Maybe I answered my own pallet-match question? When working with multiple displacement images, from different swaths or different image products or time series, find the minimum and maximum data values from all of the images. Then create a pallet using the minimum minimum and maximum maximum values for the pallet range. My pallet goes red (uplifted) to white (no displacement) to blue (subsidence). Place the file in the .snap>auxdata>color_pallets sub directory. The file (attached) reads:

#BEAM Color Palette Definition File
#February 23, 2019 pallet for InSAR displacement
#edit the next line to the minimum value of the set
#edit the next line to the maximum value of the set

0_displacement.cpd (310 Bytes)

I used a text editor to create the pallet, using an included pallet as a template. I think it can also be done in the SNAP GUI, color manipulation tool window. In the color manipulation tool window, with the pallet selected, select the basic pane, then Get Data from (pallet) File button (as opposed to the image data range).

In the upper right of this pane, there is also a button to apply the pallet to other image files, a check list is presented.

I still don’t get perfect match in Radar>Geometric>SAR Mosaics, but much better than the above image. Is there a better way to match images? Are there processing parameters that can be set to maintain the scale of displacement between images?

The cause of discontinuities between processed blocks are briefly described in the ESA InSAR Principles manual. Part B, page 30, says:

"Mosaicking is required when several interferograms (each, say,
30 × 100 km) are joined together to make a long strip. The need for block
processing arises not only for computational efficiency, but to reduce the
error due to the many approximations made so far (for example: the
co-registering model, the DEM vs. SAR image alignment, the Doppler
Centroid variation with azimuth etc.).

When overlapping adjacent blocks, a phase offset could arise due to small
errors in image co-registering. This bias can be avoided if the image
mapping is estimated over the whole strip. In some cases, the bias can be
estimated, e.g. by cross-correlating the interferograms in the overlap area;
however such techniques may lead to poor results in cases of low SNR."

To merge burst swaths, deburst the splits, use Radar > Sentinel-1 TOPS menu and select the S-1 TOPS Merge. Then return to the interferometric processing flow at TopoPhaseRemoval.

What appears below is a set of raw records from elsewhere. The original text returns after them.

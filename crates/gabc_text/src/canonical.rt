//! The canonical text of a view.

ghost use Rattle.std.specs.Prelude.{◌≡◌, ◌-◌, ◌^◌, ◌≤◌, ◌↔◌, IsTrue, IsSome, None, Some, length, min, cond, [], drop, reverse, List, ℕ};
ghost use Rattle.std.specs.List.{flat_map};
ghost use Rattle.gabc_text.specs.machine.Runs.{text_at, text_after, text_after_run};
ghost use Rattle.gabc_text.specs.machine.ChangedStyles.{common_styles, differs, changed_styles};
ghost use Rattle.gabc_text.specs.TextSpan.{GoOn, GoOnAt, GoesOnAt, IsAsKept, IsOnePart};
ghost use Rattle.gabc_text.specs.TextView.{content_of};
ghost use Rattle.gabc_text.specs.Canonical.{after_common, style_opening, style_closing, listed_styles, braces, boundary, span_bytes, needs_dollar, piece_text, canonical_text};

use crate::styles::Styles;
use crate::token::is_special;
use crate::view::{Piece, PieceKind, TextView};
use gabc_places::{ByteCounter, Put, Span};

/// Returns the styles that are in both sets.
fn common_styles(a: Styles, b: Styles) -> Styles
    ensures { result ≡ common_styles a b }
{
    Styles {
        b: a.b && b.b,
        c: a.c && b.c,
        e: a.e && b.e,
        i: a.i && b.i,
        sc: a.sc && b.sc,
        tt: a.tt && b.tt,
        ul: a.ul && b.ul,
    }
}

/// Returns whether neighbours differ in a style, or did before.
fn differs(before: bool, old: bool, new: bool) -> bool
    ensures { result ≡ differs before old new }
{
    before || old != new
}

/// Returns the first style in which two neighbours differ, and those listed after it: these do not
/// stay open between them.
fn changed_styles(old: Styles, new: Styles) -> Styles
    ensures { result ≡ changed_styles old new }
{
    let b = differs(false, old.b, new.b);
    let c = differs(b, old.c, new.c);
    let e = differs(c, old.e, new.e);
    let i = differs(e, old.i, new.i);
    let sc = differs(i, old.sc, new.sc);
    let tt = differs(sc, old.tt, new.tt);
    Styles {
        b,
        c,
        e,
        i,
        sc,
        tt,
        ul: differs(tt, old.ul, new.ul),
    }
}

/// Puts `text`, if `wanted`.
fn put_if<S: Put>(wanted: bool, text: &str, out: &mut S)
    ensures { out.new ≡ S.taken out.old (cond wanted text.now []) }
{
    if wanted {
        out.put(text.as_bytes());
    }
}

/// Puts those of `texts` that are wanted, in order.
fn put_each<S: Put>(texts: &[(bool, &'static str)], out: &mut S)
    ensures { out.new ≡ S.taken out.old (flat_map (λ t. cond t.0 t.1.now []) texts.now) }
{
    for (wanted, text) in texts {
        put_if(*wanted, text, out);
    }
}

/// Opens `styles` in order.
fn put_opening<S: Put>(styles: Styles, out: &mut S)
    ensures { out.new ≡ S.taken out.old (flat_map style_opening (listed_styles styles)) }
{
    let tags = [
        (styles.b, "<b>"),
        (styles.c, "<c>"),
        (styles.e, "<e>"),
        (styles.i, "<i>"),
        (styles.sc, "<sc>"),
        (styles.tt, "<tt>"),
        (styles.ul, "<ul>"),
    ];
    put_each(&tags, out);
}

/// Closes `styles` from the last on.
fn put_closing<S: Put>(styles: Styles, out: &mut S)
    ensures { out.new
        ≡ S.taken out.old (flat_map style_closing (reverse (listed_styles styles))) }
{
    let tags = [
        (styles.ul, "</ul>"),
        (styles.tt, "</tt>"),
        (styles.sc, "</sc>"),
        (styles.i, "</i>"),
        (styles.e, "</e>"),
        (styles.c, "</c>"),
        (styles.b, "</b>"),
    ];
    put_each(&tags, out);
}

/// Returns the braces before the piece with the index `index`.
fn braces(centre: Option<Span>, index: usize) -> &'static str
    ensures { result.now ≡ braces centre index }
{
    match centre {
        None => "",
        Some(span) => {
            if span.from == index {
                if span.to == index { "{}" } else { "{" }
            } else if span.to == index {
                "}"
            } else {
                ""
            }
        }
    }
}

/// Returns the bytes of `span` in `kept`; none, if it does not lie in them.
fn slice_of(kept: &str, span: Span) -> &[u8]
    ensures { result.now ≡ span_bytes kept.now span }
{
    let bytes = kept.as_bytes();
    if span.from <= span.to && span.to <= bytes.len() {
        &bytes[span.from..span.to]
    } else {
        &[]
    }
}

/// Returns whether `text` is one of the characters that a `$` makes letters. Most characters are
/// small letters, so these are tried first.
fn needs_dollar(text: &[u8]) -> bool
    ensures { result ≡ needs_dollar text.now }
{
    match text {
        [b'a'..=b'z'] => false,
        [byte] => is_special(char::from(*byte)),
        _ => false,
    }
}

/// Puts `bytes`, if there are any.
fn put_some<S: Put>(bytes: &[u8], out: &mut S)
    ensures { out.new ≡ S.taken out.old bytes.now }
{
    if !bytes.is_empty() {
        out.put(bytes);
    }
}

/// Puts the bytes of `span` in `kept`, if there are any.
fn put_span<S: Put>(span: Span, kept: &str, out: &mut S)
    ensures { out.new ≡ S.taken out.old (span_bytes kept.now span) }
{
    if span.from < span.to && span.to <= kept.len() {
        out.put(&kept.as_bytes()[span.from..span.to]);
    }
}

/// Puts the tags and braces between two neighbours with the styles `old` and `new`. If these are
/// the same, there are no tags.
fn put_boundary<S: Put>(old: Styles, new: Styles, braces: &str, out: &mut S)
    ensures { out.new
        ≡ S.taken out.old (boundary (listed_styles old) (listed_styles new) braces.now) }
{
    if old == new {
        put_some(braces.as_bytes(), out);
    } else {
        put_change(old, new, braces, out);
    }
}

/// Puts the tags and braces between two neighbours with the styles `old` and `new`. Few neighbours
/// differ, so it stays out of line.
#[inline(never)]
fn put_change<S: Put>(old: Styles, new: Styles, braces: &str, out: &mut S)
    ensures { out.new
        ≡ S.taken out.old (boundary (listed_styles old) (listed_styles new) braces.now) }
{
    let changed = changed_styles(old, new);
    put_closing(common_styles(old, changed), out);
    put_some(braces.as_bytes(), out);
    put_opening(common_styles(new, changed), out);
}

/// Returns whether `span` lies in the bytes of `kept`.
fn lies_in(span: Span, kept: &str) -> bool
    ensures { IsTrue result ↔ (span.from ≤ span.to) × (span.to ≤ length kept.now) }
{
    span.from <= span.to && span.to <= kept.len()
}

/// Returns whether the span of `piece` lies in `kept`, and its bytes there are the text of `piece`.
#[inline(always)]
fn is_as_kept(piece: Piece, kept: &str) -> bool
    ensures text { IsTrue result → piece_text kept.now piece ≡ span_bytes kept.now piece.span }
    ensures ordered { IsTrue result → piece.span.from ≤ piece.span.to }
    ensures within { IsTrue result → piece.span.to ≤ length kept.now }
    ensures all { IsAsKept kept.now piece → IsTrue result }
{
    if !lies_in(piece.span, kept) {
        return false;
    }
    match piece.kind {
        PieceKind::Char => !needs_dollar(slice_of(kept, piece.span)),
        PieceKind::Blank => matches!(slice_of(kept, piece.span), [b' ']),
        _ => true,
    }
}

/// Returns whether `piece` begins at the end of `run`, after a piece with the styles `old`, and
/// adds nothing but its kept bytes.
#[inline(always)]
fn joins(run: Span, old: Styles, piece: Piece, braces: &str, kept: &str) -> bool
    ensures text { IsTrue result → piece_text kept.now piece ≡ span_bytes kept.now piece.span }
    ensures ordered { IsTrue result → piece.span.from ≤ piece.span.to }
    ensures within { IsTrue result → piece.span.to ≤ length kept.now }
    ensures meets { IsTrue result → run.to ≡ piece.span.from }
    ensures styles { IsTrue result → old ≡ piece.styles }
    ensures no_braces { IsTrue result → braces.now ≡ [] }
    ensures all { braces.now ≡ [] → GoesOnAt kept.now old run.to piece → IsTrue result }
{
    if old != piece.styles {
        return false;
    }
    run.to == piece.span.from && braces.is_empty() && is_as_kept(piece, kept)
}

/// Puts the part of the text of `piece` before its kept bytes, and returns the span of these.
fn put_head<S: Put>(piece: Piece, kept: &str, out: &mut S) -> Span
    ensures text { S.taken out.new (span_bytes kept.now result)
        ≡ S.taken out.old (piece_text kept.now piece) }
    ensures ordered { result.from ≤ result.to }
{
    if is_as_kept(piece, kept) {
        return piece.span;
    }
    let span = if lies_in(piece.span, kept) {
        piece.span
    } else {
        Span { from: 0, to: 0 }
    };
    match piece.kind {
        PieceKind::Blank => {
            out.put(b" ");
            Span {
                from: span.to,
                to: span.to,
            }
        }
        PieceKind::Char => {
            put_if(needs_dollar(slice_of(kept, span)), "$", out);
            span
        }
        _ => span,
    }
}

/// Pieces whose text is one part of the kept bytes: that part, and the index of the piece after
/// them.
#[derive(Clone, Copy)]
struct Run {
    span: Span,
    next: usize,
}

/// Returns the run of no pieces, before the first piece.
fn first_run(pieces: &[Piece]) -> Run
    ensures empty { result.span.from ≡ result.span.to }
    ensures first { result.next ≡ 0 }
    ensures start { (kept : List ℕ) → GoOn kept pieces.now →
        GoOnAt kept Styles.NONE result.span.to pieces.now }
{
    let from = match pieces {
        [first, ..] => first.span.from,
        [] => 0,
    };
    Run {
        span: Span { from, to: from },
        next: 0,
    }
}

/// Returns `run` with all of `pieces` that join it, if its styles are `old`. The loop is over most
/// pieces and puts no bytes, so its variables stay in registers. It is compiled in place, so that
/// what is known of `centre` and `old` there is not tested in the loop.
#[inline(always)]
fn joined_run(pieces: &[Piece], centre: Option<Span>, kept: &str, old: Styles, run: Run) -> Run
    requires ordered { run.span.from ≤ run.span.to }
    requires within { run.next ≤ length pieces.now }
    ensures text { text_after_run centre pieces.now kept.now old result
        ≡ text_after_run centre pieces.now kept.now old run }
    ensures after { run.next ≤ result.next }
    ensures within { result.next ≤ length pieces.now }
    ensures all { centre ≡ None → GoOnAt kept.now old run.span.to (drop run.next pieces.now) →
        result.next ≡ length pieces.now }
{
    let mut span = run.span;
    for index in run.next..pieces.len() {
        let piece = pieces[index];
        if !joins(span, old, piece, braces(centre, index), kept) {
            return Run { span, next: index };
        }
        span.to = piece.span.to;
    }
    Run {
        span,
        next: pieces.len(),
    }
}

/// Returns `run` with all pieces of `view` that join it, if its styles are `old`.
#[inline(never)]
fn whole_run(view: &TextView, kept: &str, old: Styles, run: Run) -> Run
    requires ordered { run.span.from ≤ run.span.to }
    requires within { run.next ≤ length view.now.pieces.items }
    ensures text { text_after view.now kept.now old result
        ≡ text_after view.now kept.now old run }
    ensures after { run.next ≤ result.next }
    ensures within { result.next ≤ length view.now.pieces.items }
{
    joined_run(view.pieces.as_slice(), view.centre, kept, old, run)
}

/// Puts `run` with all pieces that join it, if its styles are `old`, and returns the index of the
/// piece after them.
fn put_run<S: Put>(view: &TextView, kept: &str, old: Styles, run: Run, out: &mut S) -> usize
    requires ordered { run.span.from ≤ run.span.to }
    requires within { run.next ≤ length view.now.pieces.items }
    ensures text { S.taken out.new (text_at view.now kept.now old result)
        ≡ S.taken out.old (text_after view.now kept.now old run) }
    ensures after { run.next ≤ result }
    ensures within { result ≤ length view.now.pieces.items }
{
    let whole = whole_run(view, kept, old, run);
    put_span(whole.span, kept, out);
    whole.next
}

/// Puts the canonical text of `view` without its translation, whose spans count the bytes of
/// `kept`: its pieces with the tags of their styles, one inside another (GregorioRef, "Syllable
/// Text Syntax"). A span that does not lie in the kept text is empty. A room with fewer than
/// `text_len` bytes left takes as many of them as fit. It does not allocate.
pub fn write_text<S: Put>(view: &TextView, kept: &str, out: &mut S)
    ensures { out.new ≡ S.taken out.old (canonical_text (content_of view.now) kept.now) }
{
    match text_span(view, kept) {
        Some(span) => put_span(span, kept, out),
        None => write_pieces(view, kept, out),
    }
}

/// Puts the text of `write_text`, piece by piece. It stays out of line, so that `write_text` is
/// short.
#[inline(never)]
fn write_pieces<S: Put>(view: &TextView, kept: &str, out: &mut S)
    ensures { out.new ≡ S.taken out.old (canonical_text (content_of view.now) kept.now) }
{
    let pieces = view.pieces.as_slice();
    let mut old = Styles::NONE;
    let mut next = put_run(view, kept, old, first_run(pieces), out);
    while next < pieces.len() {
        let piece = pieces[next];
        put_boundary(old, piece.styles, braces(view.centre, next), out);
        let span = put_head(piece, kept, out);
        old = piece.styles;
        let run = Run {
            span,
            next: next + 1,
        };
        next = put_run(view, kept, old, run, out);
    }
    put_boundary(old, Styles::NONE, braces(view.centre, next), out);
}

/// Returns a span of `kept` that is the canonical text of `view`. It returns one at least if `view`
/// has no centre and no style, and its pieces follow one another in `kept` as they are printed. The
/// span of an empty text may be any without bytes.
#[inline(always)]
pub fn text_span(view: &TextView, kept: &str) -> Option<Span>
    ensures text { (span : Span) → result ≡ Some span →
        canonical_text (content_of view.now) kept.now ≡ span_bytes kept.now span }
    ensures one { IsOnePart (content_of view.now) kept.now → IsSome result }
{
    let None = view.centre else {
        return None;
    };
    let pieces = view.pieces.as_slice();
    let whole = joined_run(pieces, None, kept, Styles::NONE, first_run(pieces));
    if whole.next == pieces.len() {
        Some(whole.span)
    } else {
        None
    }
}

/// Returns the number of bytes that `write_text` puts; it saturates at the last value of a `usize`.
pub fn text_len(view: &TextView, kept: &str) -> usize
    ensures { result ≡ min (length (canonical_text (content_of view.now) kept.now)) (2 ^ 64 - 1) }
{
    let mut counter = ByteCounter::new();
    write_text(view, kept, &mut counter);
    counter.count()
}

The Radar > Geometric > SAR mosaic operator in SNAP is not suitable for merging TOPSAR swaths. Subsequent operations expect 2 coregistered input products.

Maybe the graph processing tool (GPT) would serve to preserve processing parameters when comparing images of different temporal baselines? Interferograms using radar images immediately prior to and after the earthquake are common (the time base includes the time of the earthquake. Pre and post seismic deformation is also interesting, deformation in the months before and after the earthquake. The earthquake occurs at critical stress, stress that has been accumulating. Likewise, deformation continues after displacement associated with the earthquake. The deformation of July 4th and 6th earthquakes at Ridgecrest, California produce nice interferograms, as humidity and vegetation density are very low.